Exercise aim: Beginning with the first line below, please restate each line exactly, down to and including the line containing "the handle's port.".

Stored items
--- START ---

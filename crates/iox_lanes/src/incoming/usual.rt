//! Visits on their usual way: the oldest message of the first sender of whom one waits is taken.
ghost use Rattle.std.specs.Prelude.{◌≡◌, ◌<◌, IfSome, OnSome, None, length};
ghost use Rattle.iox_lanes.specs.Visited.{all_visits};
ghost use Rattle.iox_lanes.specs.Incomings.{all_visited_of, first_waiting};

use crate::incoming::{Incoming, Visits};
use crate::wanted::{Labels, Wanted};

impl Incoming {
    /// The rank of the first pipe on which something waits on that lane.
    #[inline(always)]
    fn first_waiting(&self, lane: usize) -> Option<usize>
        ensures first { result ≡ first_waiting self.now.pipes lane }
        ensures within { IfSome result (λ rank. rank < length self.now.pipes) }
    {
        self.pipes.iter().position(|pipe| pipe.has_waiting(lane))
    }

    /// Visits the lane of that number of each sender, in their order, where nothing waits on any,
    /// or where the first message that waits is wanted, and the receiver may have one more. Else it
    /// is another way: `None` says that nothing changed.
    #[inline(always)]
    pub fn visit_usual<L: Labels>(
        &mut self,
        lane: usize,
        wanted: Wanted,
        labels: &L,
    ) -> Option<Visits>
        ensures visits { IfSome result (λ visits.
            visits ≡ all_visits wanted (L.label_of labels.now) lane self.old.pipes) }
        ensures visited { OnSome result
            (self.new ≡ all_visited_of wanted (L.label_of labels.now) lane self.old) }
        ensures unchanged { result ≡ None → self.new ≡ self.old }
    {
        let Some(rank) = self.first_waiting(lane) else {
            return Some(Visits::Nothing);
        };
        let pipe = &mut self.pipes[rank];
        let sender = pipe.sender();
        let (pool, place) = pipe.visit_usual(lane, wanted, labels)?;
        Some(Visits::Got(sender, pool, place))
    }
}
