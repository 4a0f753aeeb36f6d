//! What an end of a handle, and a release, come to.

use iox_handles::Entry;

/// What a release came to.
#[derive(Clone, Copy, Debug, PartialEq, Eq)]
pub struct Ending {
    /// The handle that was released.
    pub entry: Entry,
    /// Where a pool may be gone, the place of the pool of the handle's port.
    pub place: Option<usize>,
}

/// What the end of a handle came to.
#[derive(Clone, Copy)]
pub(crate) struct Ended {
    /// The handle that ended.
    pub entry: Entry,
    /// Whether something may go: its port, or the pool of its message.
    pub goes: bool,
}
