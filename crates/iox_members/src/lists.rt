//! Searches in the list of nodes, and changes of it.
ghost use Rattle.std.specs.Prelude.{◌≡◌, ◌==◌, IfOk, filter, find, map, not};
ghost use Rattle.std.specs.Fn.{CalledAt};
ghost use Rattle.std.specs.List.{list_any};
ghost use Rattle.iox_attributes.specs.Visits.{VisitsInOrder};
ghost use Rattle.iox_model.specs.Joins.{same_id};
ghost use Rattle.iox_model.specs.Maps.{AreDistinct};
ghost use Rattle.iox_members.specs.Nodes.{killed};

use crate::ids::is_same_id;
use crate::member::Member;
use iox_types::identifiers::{UniqueNodeId, UniqueSystemId};
use iox_words::CallbackProgression;
use std::alloc::{AllocError, Global};

/// The numbers of these nodes.
pub(crate) fn numbers_of(nodes: &[Member], alloc: Global) -> Result<Vec<u64>, AllocError>
    ensures { IfOk result (λ numbers. numbers.items ≡ map (λ m. m.number) nodes.now) }
{
    nodes.iter().map(|member| member.number).collect(alloc)
}

/// Calls `callback` with the id of each of these nodes, as far as it says `Continue`.
pub(crate) fn list_ids<F: FnMut(&UniqueNodeId) -> CallbackProgression>(
    nodes: &[Member],
    mut callback: F,
)
    requires { F.IsAlwaysCallable callback }
    ensures { VisitsInOrder (CalledAt F.FnMut) callback (map (λ m. m.id) nodes.now) }
{
    let mut rest = nodes;
    while let Some((first, later)) = rest.split_first() {
        rest = later;
        if callback(&first.id) == CallbackProgression::Stop {
            return;
        }
    }
}

/// The node of that number. Each stands in the place of its number while no node before it left,
/// so it is looked for there first.
pub(crate) fn find(nodes: &[Member], node: u64) -> Option<Member>
    requires { AreDistinct (map (λ m. m.number) nodes.now) }
    ensures { result ≡ find (λ m. m.number == node) nodes.now }
{
    let place = node as usize;
    if place < nodes.len() && nodes[place].number == node {
        return Some(nodes[place]);
    }
    find_among(nodes, node)
}

/// The node of that number, wherever it stands.
#[cold]
#[inline(never)]
fn find_among(nodes: &[Member], node: u64) -> Option<Member>
    ensures { result ≡ find (λ m. m.number == node) nodes.now }
{
    nodes.iter().copied().find(|member| member.number == node)
}

/// Whether a node has that id.
pub(crate) fn has_id(nodes: &[Member], id: UniqueSystemId) -> bool
    ensures { result ≡ list_any (λ m. same_id m.id id) nodes.now }
{
    nodes
        .iter()
        .any(|member| is_same_id(member.id.system_id(), id))
}

/// Makes the node of that number dead.
pub(crate) fn kill(nodes: &mut [Member], node: u64)
    ensures { nodes.new ≡ map (killed node) nodes.old }
{
    for member in nodes.iter_mut() {
        *member = killed(*member, node);
    }
}

/// The node, dead if it has this number.
fn killed(member: Member, node: u64) -> Member
    ensures { result ≡ killed node member }
{
    if member.number == node {
        return Member {
            alive: false,
            ..member
        };
    }
    member
}

/// Removes the node of that number.
pub(crate) fn remove(nodes: &mut Vec<Member>, node: u64)
    ensures { nodes.new.items ≡ filter (λ m. not (m.number == node)) nodes.old.items }
{
    nodes.retain(|member| member.number != node);
}
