//! Callers of releases, proved only from the clauses.
ghost use Rattle.iox_tables.specs.HubStates.States.{Given, state_shown};
ghost use Rattle.iox_model.specs.WholeCalls.{IsWholeCall};
ghost use Rattle.iox_model.specs.declared.call.Call.TheVariants.{Release};
ghost use Rattle.iox_model.specs.declared.reply.Reply.TheVariants.{Done};
ghost use Rattle.iox_control.specs.Controls.{IsControl};
ghost use Rattle.iox_control_releasing.specs.Goings.{IsTidy};
ghost use Rattle.iox_control_releasing.specs.Named.{IsHeldPort};

use crate::disconnect::disconnect_if_unused;
use crate::handle::release;
use crate::port_value::release_port;
use iox_control::Control;
use iox_model::kind::Kind;

/// The tables are in order after a release, so a port may be asked whether it goes.
pub fn releases_and_looks_again(
    control: &mut Control,
    node: u64,
    number: u64,
    kind: Kind,
    port: u64,
)
    requires order { IsControl control.old }
    ensures { IsControl control.new }
{
    release(control, node, number, kind, 0);
    disconnect_if_unused(control, port, 0);
}

/// The release of a port's own value is one call of the machine.
pub fn releases_a_port(control: &mut Control, node: u64, port: u64)
    requires port { IsHeldPort control.old.tables node port }
    requires order { IsControl control.old }
    ensures { (x : Given) → IsWholeCall (state_shown x control.old.tables) node
        (Release port) Done (state_shown x control.new.tables) }
{
    release_port(control, node, port);
}

/// No pool is left after releases, where none was left before.
pub fn releases_and_is_tidy(control: &mut Control, node: u64, number: u64, kind: Kind, port: u64)
    requires order { IsControl control.old }
    requires tidy { IsTidy control.old.tables }
    ensures { IsTidy control.new.tables }
{
    release(control, node, number, kind, 0);
    disconnect_if_unused(control, port, 0);
}
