//! How handles and ports' own values are released, and how a port goes of which nothing is left.
#![tactic(auto)]

mod cutting;
mod disconnect;
mod ending;
mod handle;
mod leaving;
mod letting_go;
mod port_value;
mod unused;
pub mod uses;
mod usual;

pub use disconnect::{disconnect_if_unused, drop_pool};
pub use ending::Ending;
pub use handle::{release, release_usual};
pub use port_value::release_port;
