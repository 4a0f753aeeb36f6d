//! A node of a service, as it is kept.
use iox_registry::RegistryHandle;
use iox_types::identifiers::UniqueNodeId;

/// A node that did not leave.
#[derive(Clone, Copy, Debug)]
pub(crate) struct Member {
    /// How many nodes joined before it.
    pub(crate) number: u64,
    pub(crate) id: UniqueNodeId,
    pub(crate) alive: bool,
    /// What tells its registration.
    pub(crate) registration: RegistryHandle,
}
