//! The pipe from a sender, which is looked for at a hint first: a wrong hint is only slower.
ghost use Rattle.std.specs.Option.{option_map};
ghost use Rattle.std.specs.Prelude.{◌≡◌, IfSome, None, Some, is_some, slice_get};
ghost use Rattle.iox_model.specs.declared.way.RequestState.TheVariants.{Closed};
ghost use Rattle.iox_lanes.specs.Lanes.{without_returned};
ghost use Rattle.iox_lanes.specs.Pipes.{lane_to_get, on_lane, with_lane};
ghost use Rattle.iox_lanes.specs.Searches.{state_on};
ghost use Rattle.iox_lanes.specs.Incomings.{IsFirstAt, on_pipe_by, with_pipe_by};

use crate::incoming::Incoming;
use crate::pipe::{Left, Next};
use iox_model::way::RequestState;

impl Incoming {
    /// The request state of that lane, beside the pipe from this sender; closed where there is
    /// none.
    #[inline(always)]
    pub fn state_at(&self, sender: u64, hint: usize, lane: u64) -> RequestState
        requires once { IsFirstAt self.now.pipes hint }
        ensures { result ≡ on_pipe_by (λ p. state_on p.states lane) Closed self.now sender }
    {
        match self.rank_at(sender, hint) {
            Some(rank) => self.pipes[rank].state(lane),
            None => RequestState::Closed,
        }
    }

    /// What is left to get back by this sender, whose pipe is looked for at the hint alone. Any
    /// answer is right: it tells which way is short.
    #[inline(always)]
    pub fn left_at(&self, sender: u64, hint: usize) -> Left {
        if self.is_from(hint, sender) {
            return self.pipes[hint].left();
        }
        Left::Other
    }

    /// Gets back the oldest message of those that were given back on the lowest lane from this
    /// sender on which something is left to get back, if there is one.
    #[inline(always)]
    pub fn get_next_at(&mut self, sender: u64, hint: usize) -> Option<Next>
        requires once { IsFirstAt self.old.pipes hint }
        ensures lowest { option_map (λ n. n.lane) result
            ≡ on_pipe_by lane_to_get None self.old sender }
        ensures oldest { IfSome result (λ n.
            on_pipe_by (λ p. on_lane (λ l. slice_get l.returned 0) None p n.lane)
            None self.old sender
            ≡ Some n.place) }
        ensures got_back { IfSome result (λ n.
            self.new ≡ with_pipe_by (λ p. with_lane without_returned p n.lane) self.old sender) }
        ensures more { IfSome result (λ n.
            n.more ≡ is_some (on_pipe_by lane_to_get None self.new sender)) }
        ensures unchanged { result ≡ None → self.new ≡ self.old }
    {
        match self.rank_at(sender, hint) {
            Some(rank) => self.pipes[rank].get_next(),
            None => None,
        }
    }
}
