//! The pipe of a rank, where it is known from whom it is.
ghost use Rattle.std.specs.Prelude.{◌≡◌, ◌==◌, false, slice_get, true};
ghost use Rattle.std.specs.Option.{option_map_or};
ghost use Rattle.iox_lanes.specs.Incomings.{IsFirstAt, on_pipe_by, with_pipe_by};

use crate::incoming::Incoming;
use crate::steps::PipeStep;

impl Incoming {
    /// Whether the pipe of that rank is there, and from this sender.
    #[inline(always)]
    pub fn is_from(&self, rank: usize, sender: u64) -> bool
        ensures { result
            ≡ option_map_or (λ p. p.sender == sender) (slice_get self.now.pipes rank) false }
    {
        if rank < self.pipes.len() {
            return self.pipes[rank].sender() == sender;
        }
        false
    }

    /// Takes a step on the pipe of that rank, which is there, and from this sender.
    #[inline(always)]
    pub fn on_known_pipe<S: PipeStep>(&mut self, _sender: u64, rank: usize, step: &S) -> S::Answer
        requires once { IsFirstAt self.old.pipes rank }
        requires there { option_map_or (λ p. p.sender == _sender)
            (slice_get self.old.pipes rank) false ≡ true }
        ensures told { result ≡ on_pipe_by (S.told step.now) (S.none step.now) self.old _sender }
        ensures changed { self.new ≡ with_pipe_by (S.changed step.now) self.old _sender }
    {
        let pipe = &mut self.pipes[rank];
        step.step(pipe)
    }
}
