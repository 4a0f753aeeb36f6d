//! The nodes of a service.
ghost use Rattle.std.specs.Prelude.{◌≡◌, ◌<◌, IfErr, IfOk, None, OnErr, OnOk, Some, false, length, map, nat_le};
ghost use Rattle.std.specs.Fn.{CalledAt};
ghost use Rattle.std.specs.List.{list_any};
ghost use Rattle.std.specs.Option.{option_map};
ghost use Rattle.iox_attributes.specs.Visits.{VisitsInOrder};
ghost use Rattle.iox_model.specs.Joins.{joined, new_node, same_id};
ghost use Rattle.iox_registry.specs.declared.refusals.RegistryNewError.TheVariants as new_errors;
ghost use Rattle.iox_registry.specs.Registers.{limit_refusal, room_of};
ghost use Rattle.iox_registry.specs.Refusals.{IsRefusal};
ghost use Rattle.iox_members.specs.Nodes.{first_members, node_in, node_of, room_in, with_dead};
ghost use Rattle.iox_members.specs.Registering.{AreRegistered, IsSameRegister};
ghost use Rattle.iox_members.specs.Steps.{IsAfterLeaving, IsDeclaredDead, IsJoined, IsLeaving};
ghost use Rattle.iox_members.specs.Steps.{IsRefusedUnlessDead, IsRefusedUnlessLiving};

use crate::lists::{find, has_id, kill, list_ids, numbers_of, remove};
use crate::member::Member;
use iox_model::reply::Refusal;
use iox_registry::dynamic_config::Nodes;
use iox_registry::{RegistryNewError, room};
use iox_types::identifiers::{UniqueNodeId, UniqueSystemId};
use iox_words::CallbackProgression;
use std::alloc::{AllocError, Global};
use std::marker::Model;

/// The nodes of a service that did not leave, dead ones too, in the order in which they joined.
/// Each is registered, and nothing else is.
#[derive(Drop)]
pub struct Members {
    nodes: Vec<Member>,
    // How many nodes ever joined.
    joins: u64,
    registered: Nodes,
    // The most nodes at once: the register has room for as many.
    most: usize,
}

impl Model for Members {
    ghost use Rattle.std.specs.Prelude.{map};
    ghost use Rattle.iox_members.specs.Nodes.{RegisteredMembers, node_of};
    ghost use Rattle.iox_members.specs.Registering.{AreKept};

    ghost Value = { RegisteredMembers };

    ghost view = { λ m. record {
      members = record {
        nodes = map node_of m.nodes.items;
        joins = m.joins;
        closed = m.registered.locked;
      };
      registry = m.registered;
    } };

    ghost invariant = { λ m. AreKept m.nodes.items m.joins m.most m.registered };
}

impl Members {
    /// The nodes of a service of that number as it is created: node 0, with that id. There may be
    /// at most so many at once; a limit of 0 counts as 1.
    pub fn new(
        alloc: Global,
        service: u64,
        id: UniqueNodeId,
        most: usize,
    ) -> Result<Members, RegistryNewError>
        ensures made { IfOk result (λ x. x.members ≡ first_members id) }
        ensures room { IfOk result (λ x. room_in x ≡ room_of most) }
        ensures service { IfOk result (λ x. x.registry.service ≡ service) }
        ensures allowed { OnOk result (limit_refusal most ≡ None) }
        ensures refused { IfErr result (IsRefusal new_errors.WantOfMemory (limit_refusal most)) }
    {
        let mut registered = Nodes::new(alloc, service, most)?;
        let mut nodes = Vec::with_capacity(alloc, 1)?;
        let registration = registered.register_node_id(id).unwrap();
        nodes.push_reserved(Member {
            number: 0,
            id,
            alive: true,
            registration,
        });
        Ok(Members {
            nodes,
            joins: 1,
            registered,
            most: room(most),
        })
    }

    /// Whether the last node is gone, so that nobody may join any more.
    pub fn is_closed(&self) -> bool
        ensures { result ≡ self.now.members.closed }
    {
        self.registered.is_locked()
    }

    /// What is registered: the id of each node. It tells how many there are, and lists them.
    pub fn dynamic_config(&self) -> &Nodes
        ensures registry { result.now ≡ self.now.registry }
        ensures registered { AreRegistered self.now.members self.now.registry }
    {
        &self.registered
    }

    /// The numbers of the nodes, in the order in which they joined.
    pub fn numbers(&self, alloc: Global) -> Result<Vec<u64>, AllocError>
        ensures { IfOk result (λ numbers. numbers.items
            ≡ map (λ m. m.number) self.now.members.nodes) }
    {
        numbers_of(&self.nodes, alloc)
    }

    /// Calls `callback` with the id of each node, in the order in which they joined, as far as it
    /// says `Continue`. It takes no memory.
    pub fn list_ids<F: FnMut(&UniqueNodeId) -> CallbackProgression>(&self, callback: F)
        requires { F.IsAlwaysCallable callback }
        ensures { VisitsInOrder (CalledAt F.FnMut) callback
            (map (λ m. m.id) self.now.members.nodes) }
    {
        list_ids(&self.nodes, callback);
    }

    /// The node of that number.
    fn find(&self, node: u64) -> Option<Member>
        ensures { node_in self.now.members node ≡ option_map node_of result }
    {
        find(&self.nodes, node)
    }

    /// The id of a node that lives, or why it does not.
    pub fn living<C>(&self, node: u64) -> Result<UniqueNodeId, Refusal<C>>
        ensures refused { IsRefusedUnlessLiving self.now.members node result }
        ensures lives { IfOk result (λ id.
            node_in self.now.members node ≡ Some (new_node node id)) }
    {
        let Some(member) = self.find(node) else {
            return Err(Refusal::UnknownNode);
        };
        if !member.alive {
            return Err(Refusal::NodeIsDead);
        }
        Ok(member.id)
    }

    /// Whether a node is dead, or why it is not.
    pub fn dead<C>(&self, node: u64) -> Result<(), Refusal<C>>
        ensures { IsRefusedUnlessDead self.now.members node result }
    {
        let Some(member) = self.find(node) else {
            return Err(Refusal::UnknownNode);
        };
        if member.alive {
            return Err(Refusal::NodeIsAlive);
        }
        Ok(())
    }

    /// Whether a node has that id.
    fn has_id(&self, id: UniqueSystemId) -> bool
        ensures { result ≡ list_any (λ m. same_id m.id id) self.now.members.nodes }
    {
        has_id(&self.nodes, id)
    }

    /// Whether there are as many nodes as there may be.
    fn is_full(&self) -> bool
        ensures { result ≡ nat_le (room_in self.now) (length self.now.members.nodes) }
    {
        self.nodes.len() >= self.most
    }

    /// Lets a node join, and answers its number. `asked` is the first of its tests of types and
    /// attributes that fails. Where there is no memory, or no number is left, it is refused as
    /// `WantOfMemory`. It is registered last, so a refused one leaves nothing.
    pub fn join<C: Copy>(
        &mut self,
        id: UniqueSystemId,
        asked: Option<Refusal<C>>,
    ) -> Result<u64, Refusal<C>>
        ensures joined { IsJoined self.old.members id asked (room_in self.old) result
            self.new.members }
        ensures register { IsSameRegister self.old.registry self.new.registry }
        ensures unchanged { OnErr result (self.new ≡ self.old) }
    {
        if self.is_closed() {
            return Err(Refusal::MarkedForDestruction);
        }
        let Ok(own) = UniqueNodeId::new(id) else {
            return Err(Refusal::InvalidNodeId);
        };
        if self.has_id(id) {
            return Err(Refusal::NodeIdInUse);
        }
        if let Some(refusal) = asked {
            return Err(refusal);
        }
        if self.is_full() {
            return Err(Refusal::ExceedsMaxNumberOfNodes);
        }
        match self.add(own) {
            Ok(number) => Ok(number),
            Err(_) => Err(Refusal::WantOfMemory),
        }
    }

    /// Adds a node that nothing speaks against, and answers its number.
    fn add(&mut self, id: UniqueNodeId) -> Result<u64, AllocError>
        requires open { self.old.members.closed ≡ false }
        requires fresh { list_any (λ m. same_id m.id id) self.old.members.nodes ≡ false }
        requires room { length self.old.members.nodes < room_in self.old }
        ensures added { OnOk result (self.new.members ≡ joined self.old.members id) }
        ensures number { IfOk result (λ number. number ≡ self.old.members.joins) }
        ensures register { IsSameRegister self.old.registry self.new.registry }
        ensures unchanged { OnErr result (self.new ≡ self.old) }
    {
        let number = self.joins;
        if number == u64::MAX {
            return Err(AllocError);
        }
        self.nodes.reserve(1)?;
        let registration = self.registered.register_node_id(id).unwrap();
        self.nodes.push_reserved(Member {
            number,
            id,
            alive: true,
            registration,
        });
        self.joins += 1;
        Ok(number)
    }

    /// Lets a node leave. It is told whether the node has a port or a handle.
    pub fn leave<C>(&mut self, node: u64, has_values: bool) -> Result<(), Refusal<C>>
        ensures left { IsLeaving self.old.members node has_values result self.new.members }
        ensures register { IsSameRegister self.old.registry self.new.registry }
        ensures unchanged { OnErr result (self.new ≡ self.old) }
    {
        if let Err(refusal) = self.living(node) {
            return Err(refusal);
        }
        if has_values {
            return Err(Refusal::HasPorts);
        }
        self.remove(node);
        Ok(())
    }

    /// Removes a node, and releases its registration: nothing else is registered under its id.
    /// Without nodes a service is closed.
    pub fn remove(&mut self, node: u64)
        ensures left { IsAfterLeaving self.old.members node self.new.members }
        ensures register { IsSameRegister self.old.registry self.new.registry }
    {
        let Some(member) = find(&self.nodes, node) else {
            return;
        };
        let _owners = self
            .registered
            .deregister_node_id(member.registration)
            .unwrap();
        remove(&mut self.nodes, node);
    }

    /// Declares a living node dead. It stays registered.
    pub fn declare_dead<C>(&mut self, node: u64) -> Result<(), Refusal<C>>
        ensures declared { IsDeclaredDead self.old.members node result self.new.members }
        ensures registry { self.new.registry ≡ self.old.registry }
        ensures unchanged { OnErr result (self.new ≡ self.old) }
    {
        if let Err(refusal) = self.living(node) {
            return Err(refusal);
        }
        self.kill(node);
        Ok(())
    }

    /// Makes a node dead.
    fn kill(&mut self, node: u64)
        ensures dead { self.new.members ≡ with_dead self.old.members node }
        ensures registry { self.new.registry ≡ self.old.registry }
    {
        kill(&mut self.nodes, node);
    }
}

--- END ---

Task solution:
filename crates/iox_lanes/src/incoming/usual.rt
//! Visits on their usual way: the oldest message of the first sender of whom one waits is taken.
ghost use Rattle.std.specs.Prelude.{◌≡◌, ◌<◌, IfSome, OnSome, None, length};
ghost use Rattle.iox_lanes.specs.Visited.{all_visits};
ghost use Rattle.iox_lanes.specs.Incomings.{all_visited_of, first_waiting};

use crate::incoming::{Incoming, Visits};
use crate::wanted::{Labels, Wanted};

impl Incoming {
    /// The rank of the first pipe on which something waits on that lane.
    #[inline(always)]
    fn first_waiting(&self, lane: usize) -> Option<usize>
        ensures first { result ≡ first_waiting self.now.pipes lane }
        ensures within { IfSome result (λ rank. rank < length self.now.pipes) }
    {
        self.pipes.iter().position(|pipe| pipe.has_waiting(lane))
    }

    /// Visits the lane of that number of each sender, in their order, where nothing waits on any,
    /// or where the first message that waits is wanted, and the receiver may have one more. Else it
    /// is another way: `None` says that nothing changed.
    #[inline(always)]
    pub fn visit_usual<L: Labels>(
        &mut self,
        lane: usize,
        wanted: Wanted,
        labels: &L,
    ) -> Option<Visits>
        ensures visits { IfSome result (λ visits.
            visits ≡ all_visits wanted (L.label_of labels.now) lane self.old.pipes) }
        ensures visited { OnSome result
            (self.new ≡ all_visited_of wanted (L.label_of labels.now) lane self.old) }
        ensures unchanged { result ≡ None → self.new ≡ self.old }
    {
        let Some(rank) = self.first_waiting(lane) else {
            return Some(Visits::Nothing);
        };
        let pipe = &mut self.pipes[rank];
        let sender = pipe.sender();
        let (pool, place) = pipe.visit_usual(lane, wanted, labels)?;
        Some(Visits::Got(sender, pool, place))
    }
}
repository 4a0f753aeeb36f6d
//! What an end of a handle, and a release, come to.

use iox_handles::Entry;

/// What a release came to.
#[derive(Clone, Copy, Debug, PartialEq, Eq)]
pub struct Ending {
    /// The handle that was released.
    pub entry: Entry,
    /// Where a pool may be gone, the place of the pool of the handle's port.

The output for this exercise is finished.